→ WHAT YOU SHOULD DO: Working from the top of the records below, reproduce each line exactly, ending once you have written the line containing "before it, a".

→ TASK INPUT:
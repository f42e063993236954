//! The groups of a record: how they are opened and closed, taken up again and kept, and units that are made of what is
//! recorded.
ghost use Rattle.std.specs.Prelude.{◌≡◌, ◌≤◌, ◌&&◌, not, [], ◌∷◌, ◌++◌, drop, min, option_map, take, true, false, length, Some, IfOk, IfErr, OnOk};
ghost use Rattle.rl_base.specs.declared.listeners.Refusal.TheVariants.{NoMemory};
ghost use Rattle.rl_line.specs.Entry.{Begin, End};
ghost use Rattle.rl_record.specs.Record.{is_saved, parted};
ghost use Rattle.rl_record.specs.Units.{IsMatched, adds_end, begun, ended, ended_one, ends_in_end, last_of, level, open_group, reopened, units_in_group, with_closed, kept_of, kept_undone, makes_group, end_times, still_waiting, taken_in, unit_start, united, waits};

use crate::changeset::Changeset;
use crate::changeset::questions::last_text;
use crate::joining::Freshness;
use crate::{entries, units};
use rl_base::{Refusal, RepeatCount};

/// Where a unit of undo begins that is made of what is recorded after it: `start_unit` tells it, and `unite` takes it.
#[derive(Clone, Copy)]
pub struct UnitStart {
    // How many entries stand before the unit.
    from: usize,
    // How many were recorded when it began.
    len: usize,
    // Whether the last of them could be told its cursors then, and joined.
    was: Freshness,
}

impl Changeset {
    /// How many units were made in the group that was opened last and is open, or `most` if these are fewer; None if no
    /// group is open. An undo of no more stays in that group. It looks at no more than `most` units, and the one before.
    pub fn units_in_group(&self, most: RepeatCount) -> Option<RepeatCount>
        ensures { result ≡ option_map (min most) (units_in_group self.now.recorded) }
    {
        if self.level == 0 {
            return None;
        }
        let limit = usize::from(most);
        let size = units::open_size_to(self.recorded(), limit + 1);
        Some(size.saturating_sub(1).min(limit) as RepeatCount)
    }

    /// Opens a group, whose changes are undone and redone together once it is closed. Answers how many entries
    /// stand before it, a mark that `truncate` takes.
    #[tactic(auto, using(crate::proofs::Records::LevelLemmas::levels))]
    pub fn begin(&mut self) -> Result<usize, Refusal>
        ensures done { IfOk result (λ answer. (answer ≡ length self.old.recorded) × (self.new ≡ begun self.old)) }
        ensures err { IfErr result (λ r. (r ≡ NoMemory) × (self.new ≡ self.old) × (self.old.pending ≡ [])) }
    {
        let before = self.entries.len();
        self.entries.begin()?;
        self.level += 1;
        Ok(before)
    }

    /// Closes every open group, the last one first; an empty one is removed from the record. Answers whether one
    /// of them holds something.
    pub fn end(&mut self) -> Result<bool, Refusal>
        ensures done { IfOk result (λ answer. (answer ≡ adds_end (level self.old.recorded) self.old.recorded) × (self.new ≡ ended self.old)) }
        ensures err { IfErr result (λ r. (r ≡ NoMemory) × (self.new ≡ self.old) × (adds_end (level self.old.recorded) self.old.recorded ≡ true)) }
    {
        let open = self.level();
        self.close(open)
    }

    /// Closes the group that was opened last, and leaves the others open; one that holds nothing is removed from the
    /// record. Answers whether it holds something, and false if no group is open.
    pub fn end_one(&mut self) -> Result<bool, Refusal>
        ensures done { IfOk result (λ answer. (answer ≡ adds_end (min 1 (level self.old.recorded)) self.old.recorded) × (self.new ≡ ended_one self.old)) }
        ensures err { IfErr result (λ r. (r ≡ NoMemory) × (self.new ≡ self.old) × (adds_end (min 1 (level self.old.recorded)) self.old.recorded ≡ true)) }
    {
        let open = self.level();
        self.close(open.min(1))
    }

    /// Opens a group as `begin` does, but what was undone stays, and waits to be redone after the begin. Refused, it changes
    /// nothing.
    #[tactic(auto, using(crate::proofs::Records::LevelLemmas::levels))]
    pub fn open_group(&mut self) -> Result<usize, Refusal>
        ensures done { IfOk result (λ answer. (answer ≡ length self.old.recorded) × (self.new ≡ still_waiting (self.old.recorded ++ Begin ∷ []) self.old)) }
        ensures err { IfErr result (λ r. (r ≡ NoMemory) × (self.new ≡ self.old)) }
    {
        let mark = self.entries.len();
        self.entries.open_group()?;
        self.level += 1;
        Ok(mark)
    }

    /// Closes so many groups, the one that was opened last first, if they are empty and something waits to be redone: they
    /// are removed from the record, and what was undone stays. Answers whether it did; else it changes nothing.
    pub fn close_empty(&mut self, count: usize) -> bool
        requires { count ≤ level self.old.recorded }
        ensures answer { result ≡ (not (adds_end count self.old.recorded) && waits self.old.pending) }
        ensures done { result ≡ true → self.new ≡ still_waiting (end_times count self.old.recorded) self.old }
        ensures none { result ≡ false → self.new ≡ self.old }
    {
        if !self.has_waiting() || entries::adds_end(self.recorded(), count) {
            return false;
        }
        self.entries.drop_begins(count);
        self.level -= count;
        true
    }

    /// Whether something was undone and waits to be redone, be it an empty group.
    pub fn has_waiting(&self) -> bool
        ensures { result ≡ waits self.now.pending }
    {
        !self.pending().is_empty()
    }

    /// Takes the group up again that was closed last, if nothing was recorded after it: it is open then, and what comes is a
    /// part of it, until it is closed once more. Answers whether it did. It drops what was undone then, and else changes
    /// nothing.
    pub fn reopen(&mut self) -> bool
        ensures answer { result ≡ ends_in_end self.old.recorded }
        ensures done { self.new ≡ reopened self.old }
    {
        if !entries::ends_in_end(self.recorded()) {
            return false;
        }
        let len = self.entries.len();
        self.truncate(len - 1);
        true
    }

    /// Keeps what was undone, so that undos lead where redos led: what waits to be redone is recorded again as it was, an open
    /// group in it is closed, and then the inverse of each of its units, the last first. So the text stays, and an undo of n
    /// units leads where n redos led before. The next change joins nothing, as after `part`. Answers whether anything waited;
    /// else it changes nothing, and so does `NoMemory`.
    pub fn keep_undone(&mut self) -> Result<bool, Refusal>
        ensures done { IfOk result (λ answer. (answer ≡ waits self.old.pending) × (self.new ≡ kept_undone self.old)) }
        ensures matched { IsMatched self.old.pending }
        ensures err { IfErr result (λ r. (r ≡ NoMemory) × (self.new ≡ self.old) × (waits self.old.pending ≡ true)) }
    {
        if self.pending().is_empty() {
            return Ok(false);
        }
        let open = units::level(self.pending());
        self.entries.keep_undone(open)?;
        Ok(true)
    }

    // Closes so many groups, the one that was opened last first. Answers whether one of them holds something.
    fn close(&mut self, count: usize) -> Result<bool, Refusal>
        requires { count ≤ level self.old.recorded }
        ensures done { IfOk result (λ answer. (answer ≡ adds_end count self.old.recorded) × (self.new ≡ with_closed count self.old)) }
        ensures err { IfErr result (λ r. (r ≡ NoMemory) × (self.new ≡ self.old) × (adds_end count self.old.recorded ≡ true)) }
    {
        let added = self.entries.close(count)?;
        self.level -= count;
        Ok(added)
    }

    /// Says where a unit begins, of which `unite` makes one group once its changes are recorded. It parts the changes that
    /// come, as `part` does. If the last change put in a text of `put_in` bytes, and `put_in` is not 0, its unit is taken
    /// in, unless the text was saved after it.
    #[tactic(auto, using(crate::proofs::Records::UnitingLemmas::unit_starts))]
    pub fn start_unit(&mut self, put_in: usize) -> UnitStart
        ensures start { result ≡ unit_start put_in self.old }
        ensures done { self.new ≡ parted self.old }
    {
        let len = self.entries.len();
        let from = len - self.taken_in(put_in);
        let was = self.entries.fresh();
        self.part();
        UnitStart { from, len, was }
    }

    // How many entries a unit takes in that were recorded before it.
    fn taken_in(&self, put_in: usize) -> usize
        ensures { result ≡ taken_in put_in self.now }
    {
        if put_in == 0 || self.is_saved() {
            return 0;
        }
        let recorded = self.recorded();
        let Some(text) = last_text(recorded) else {
            return 0;
        };
        if text.len() != put_in {
            return 0;
        }
        units::last_units(recorded, 1).len()
    }

    /// Makes one group of what was recorded since `start`, and of what that takes in, so that it is undone and redone
    /// together. It does so if these are several entries, each group that begins or ends among them is whole there, and
    /// nothing waits to be redone; else the record stays. If no entry was recorded, the next change may join as it could
    /// before, unless the text was saved since. All room is found first, so refused it changes nothing.
    pub fn unite(&mut self, start: UnitStart) -> Result<(), Refusal>
        ensures ok { OnOk result (self.new ≡ united start self.old) }
        ensures unit { OnOk result (makes_group start self.old ≡ true
            → (last_of 1 self.new.recorded ≡ Begin ∷ (drop start.from self.old.recorded ++ End ∷ [])) × (kept_of 1 self.new.recorded ≡ take start.from self.old.recorded)) }
        ensures err { IfErr result (λ r. (r ≡ NoMemory) × (self.new ≡ self.old) × (makes_group start self.old ≡ true)) }
    {
        if self.entries.len() == start.len {
            self.entries.go_on(start.was);
            return Ok(());
        }
        if !self.pending().is_empty() || !units::form_unit(self.recorded(), start.from) {
            return Ok(());
        }
        self.entries.group_from(start.from)?;
        Ok(())
    }
}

→ RESPONSE AREA:
repository f42e063993236954
//! The groups of a record: how they are opened and closed, taken up again and kept, and units that are made of what is
//! recorded.
ghost use Rattle.std.specs.Prelude.{◌≡◌, ◌≤◌, ◌&&◌, not, [], ◌∷◌, ◌++◌, drop, min, option_map, take, true, false, length, Some, IfOk, IfErr, OnOk};
ghost use Rattle.rl_base.specs.declared.listeners.Refusal.TheVariants.{NoMemory};
ghost use Rattle.rl_line.specs.Entry.{Begin, End};
ghost use Rattle.rl_record.specs.Record.{is_saved, parted};
ghost use Rattle.rl_record.specs.Units.{IsMatched, adds_end, begun, ended, ended_one, ends_in_end, last_of, level, open_group, reopened, units_in_group, with_closed, kept_of, kept_undone, makes_group, end_times, still_waiting, taken_in, unit_start, united, waits};

use crate::changeset::Changeset;
use crate::changeset::questions::last_text;
use crate::joining::Freshness;
use crate::{entries, units};
use rl_base::{Refusal, RepeatCount};

/// Where a unit of undo begins that is made of what is recorded after it: `start_unit` tells it, and `unite` takes it.
#[derive(Clone, Copy)]
pub struct UnitStart {
    // How many entries stand before the unit.
    from: usize,
    // How many were recorded when it began.
    len: usize,
    // Whether the last of them could be told its cursors then, and joined.
    was: Freshness,
}

impl Changeset {
    /// How many units were made in the group that was opened last and is open, or `most` if these are fewer; None if no
    /// group is open. An undo of no more stays in that group. It looks at no more than `most` units, and the one before.
    pub fn units_in_group(&self, most: RepeatCount) -> Option<RepeatCount>
        ensures { result ≡ option_map (min most) (units_in_group self.now.recorded) }
    {
        if self.level == 0 {
            return None;
        }
        let limit = usize::from(most);
        let size = units::open_size_to(self.recorded(), limit + 1);
        Some(size.saturating_sub(1).min(limit) as RepeatCount)
    }

    /// Opens a group, whose changes are undone and redone together once it is closed. Answers how many entries
    /// stand before it, a mark that `truncate` takes.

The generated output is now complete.